You can automatically add your target key to the running ssh-agent by passing the -a or --add option to git-ssh export

$ git ssh create test ~/.ssh/id_my_test.rsa
$ git ssh export test
export GIT_SSH_COMMAND='ssh -F "$HOME/.config/git-ssh/test.2"'
$ eval "$(git ssh export test)"

Usage and Options

create <config> <path>      Create a new <config> pointing to file name <path>
delete <config>             Delete a <config>
list [--verbose]            List all configs in CONFIG_DIR

export <config> [-a|--add]  Export a config into the environment as GIT_SSH_COMMAND
reset                       Reset GIT_SSH_COMMAND, unsetting an exported configs

help | -h | --help          This help
version | -v | --version    Display application version

Configuration

Configuration files are just plain ssh_config files that have, by default, a couple of options preset. The config files apply by default to all hosts and have a specific IdentityFile noted. The IdentitiesOnly option is on, meaning that only the IdentityFile specified can be used. One can override these settings by editing the generated config file directly.

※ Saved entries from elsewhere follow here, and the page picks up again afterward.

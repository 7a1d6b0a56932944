// Business type and capacity fields, which go together: a series with capacity names a right, any other has none.
#![tactic(auto, using(layout::proofs::Tests::tests), unfolding(paper::specs::Sound::type_allowed, paper::specs::Sound::capacity_named, paper::specs::Sound::capacity_allowed))]

ghost use Rattle.std.specs.Prelude.{◌≡◌};
ghost use Rattle.paper.specs.Sound.{type_allowed, capacity_named, capacity_allowed};

use super::ranges::contract_allowed;
use field::{all_zero, id_well_formed};
use layout::{agreement, contract_type};
use slots::{is_external, is_trade, with_capacity};

pub fn type_allowed(x: &[u8]) -> bool
    ensures { result ≡ type_allowed x.now }
{
    is_trade(x) | is_external(x)
}

// Of a right too: what a series names it by.
pub fn capacity_named(x: &[u8]) -> bool
    ensures { result ≡ capacity_named x.now }
{
    contract_allowed(contract_type(x)) & id_well_formed(agreement(x))
}

pub fn capacity_allowed(x: &[u8]) -> bool
    ensures { result ≡ capacity_allowed x.now }
{
    if with_capacity(x) {
        return capacity_named(x);
    }
    (contract_type(x) == 0) & all_zero(agreement(x))
}
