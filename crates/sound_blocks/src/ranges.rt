// The ranges of the fields.
#![tactic(auto, using(layout::proofs::Tests::tests), unfolding(paper::specs::Ranges::whole_blocks, paper::specs::Ranges::n_allowed, paper::specs::Ranges::lead_allowed, paper::specs::Ranges::clock_allowed, paper::specs::Ranges::rule_allowed, paper::specs::Ranges::version_allowed, paper::specs::Ranges::count_allowed, paper::specs::Ranges::contract_allowed, paper::specs::Ranges::quantity_allowed, paper::specs::Ranges::net_allowed, paper::specs::Layout::same_rule, crate::specs::Layouts::allowed_in, paper::specs::Sound::differing_allowed, paper::specs::Conversion::state_allowed))]

ghost use Rattle.std.specs.Prelude.{◌≡◌};
ghost use Rattle.paper.specs.Ranges.{whole_blocks, n_allowed, lead_allowed, clock_allowed, rule_allowed, version_allowed, count_allowed, contract_allowed, quantity_allowed, net_allowed};
ghost use Rattle.sound_blocks.specs.Layouts.{allowed_in};

use paper::{LESSER, Minute, Rule, SELLERS};

pub fn whole_blocks(least: usize, most: usize, b: &[u8]) -> bool
    ensures { result ≡ whole_blocks least most b.now }
{
    (b.len() % 512 == 0) & (least..=most).contains(&(b.len() / 512))
}

// A day of 23, 24 or 25 hours.
pub fn n_allowed(n: u8) -> bool
    ensures { result ≡ n_allowed n }
{
    matches!(n, 92 | 96 | 100)
}

pub fn lead_allowed(lead: u16) -> bool
    ensures { result ≡ lead_allowed lead }
{
    lead <= 1440
}

pub fn clock_allowed(minute: Minute) -> bool
    ensures { result ≡ clock_allowed minute.0 }
{
    minute.0 <= 11580
}

// "0 seller's, 1 lesser", and no other byte.
pub fn rule_allowed(rule: Rule) -> bool
    ensures { result ≡ rule_allowed rule }
{
    (rule == SELLERS) | (rule == LESSER)
}

pub fn version_allowed(version: u16) -> bool
    ensures { result ≡ version_allowed version }
{
    (1..=999).contains(&version)
}

pub fn count_allowed(count: u16) -> bool
    ensures { result ≡ count_allowed count }
{
    (1..=200).contains(&count)
}

pub fn contract_allowed(contract: u8) -> bool
    ensures { result ≡ contract_allowed contract }
{
    (1..=99).contains(&contract)
}

pub fn quantity_allowed(kilowatts: u32) -> bool
    ensures { result ≡ quantity_allowed kilowatts }
{
    kilowatts <= 9999999
}

// A net below 0 stands in the upper half of the four bytes' numbers.
pub fn net_allowed(net: u32) -> bool
    ensures { result ≡ net_allowed net }
{
    (net <= 1999999800) | (2294967496 <= net)
}

// Byte 104 of a series: at how many positions its counterpart differs, or in the old layout the state.
pub fn differing_allowed(old: bool, n: u8, differing: u8) -> bool
    ensures { result ≡ allowed_in old n differing }
{
    if old {
        return (1..=3).contains(&differing);
    }
    differing <= n
}
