// A series block.
#![tactic(auto, using(layout::proofs::Tests::tests), unfolding(paper::specs::Sound::parties_of, paper::specs::Sound::owner_sound, paper::specs::Sound::partner_sound, paper::specs::Sound::series_fields, paper::specs::Sound::series_codes, paper::specs::Sound::series_values, paper::specs::Sound::series_sound))]

ghost use Rattle.std.specs.Prelude.{◌≡◌, ◌≤◌};
ghost use Rattle.laws.specs.Cut.{cut};
ghost use Rattle.paper.specs.Layout.{n_of};
ghost use Rattle.paper.specs.Sound.{parties_of, owner_sound, partner_sound, series_fields, series_codes, series_values, series_sound};

use super::areas::areas_allowed;
use super::capacity::{capacity_allowed, type_allowed};
use super::entries::quantities_allowed;
use super::ranges::version_allowed;
use eic::eic_valid;
use field::{id_well_formed, part_of, same};
use layout::{
    area, first, id_of, in_party, n_of, out_party, pair, partner, sender, senders_slot, version,
};
use paper::Slot;
use slots::{is_external, is_sender, is_series, numbered};

// A submission asks the same of a message's series. An external schedule may have its sender as both parties.
pub fn parties_of(external: bool, e: &[u8], p: &[u8]) -> bool
    ensures { result ≡ parties_of external e.now p.now }
{
    let one = part_of(p, 0, 16);
    let other = part_of(p, 16, p.len());
    (external | !same(one, other)) & (same(one, e) | same(other, e))
}

fn owner_sound(us: &[u8], x: &[u8]) -> bool
    ensures { result ≡ owner_sound (cut 512 us.now) x.now }
{
    let owner = numbered(us, senders_slot(x));
    is_sender(owner) & parties_of(is_external(x), sender(owner), pair(x))
}

fn partner_sound(us: &[u8], x: &[u8]) -> bool
    ensures { result ≡ partner_sound (cut 512 us.now) x.now }
{
    (partner(x) == Slot(0)) | is_series(numbered(us, partner(x)))
}

fn series_fields(d: &[u8], x: &[u8]) -> bool
    ensures { result ≡ series_fields d.now x.now }
{
    (n_of(x) == n_of(d))
        & version_allowed(version(x))
        & type_allowed(x)
        & capacity_allowed(x)
        & id_well_formed(id_of(x))
}

fn series_codes(d: &[u8], x: &[u8]) -> bool
    ensures { result ≡ series_codes d.now x.now }
{
    areas_allowed(area(d), x) & eic_valid(in_party(x)) & eic_valid(out_party(x))
}

fn series_values(d: &[u8], x: &[u8]) -> bool
    requires { n_of d.now ≤ 100 }
    ensures { result ≡ series_values d.now x.now }
{
    let n = n_of(d) as usize;
    (first(x).0 <= n) & quantities_allowed(n, x)
}

pub fn series_sound(d: &[u8], us: &[u8], x: &[u8]) -> bool
    requires { n_of d.now ≤ 100 }
    ensures { result ≡ series_sound d.now (cut 512 us.now) x.now }
{
    series_fields(d, x)
        & series_codes(d, x)
        & series_values(d, x)
        & owner_sound(us, x)
        & partner_sound(us, x)
}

NOTE: If you edit the config file, it may be over-written by a future major version update to git-ssh

CONFIG files are by default searched for in ${XDG_CONFIG_HOME}/git-ssh

Issues

Check the issues page on GitHub for any notes about outstanding or existing issues. If you encounter a problem with git-ssh of which no such issue already exists please feel free to help the developer by creating an issue ticket.

License

GPLv2

  Copyright (C) 2023  pyamsoft

  This program is free software; you can redistribute it and/or
  modify it under the terms of the GNU General Public License
  as published by the Free Software Foundation; either version 2
  of the License, or (at your option) any later version.

  This program is distributed in the hope that it will be useful,
  but WITHOUT ANY WARRANTY; without even the implied warranty of
  MERCHANTABILITY or FITNESS FOR A PARTICULAR PURPOSE.  See the
  GNU General Public License for more details.

  You should have received a copy of the GNU General Public License
  along with this program; if not, write to the Free Software Foundation, Inc.,
  51 Franklin Street, Fifth Floor, Boston, MA  02110-1301, USA.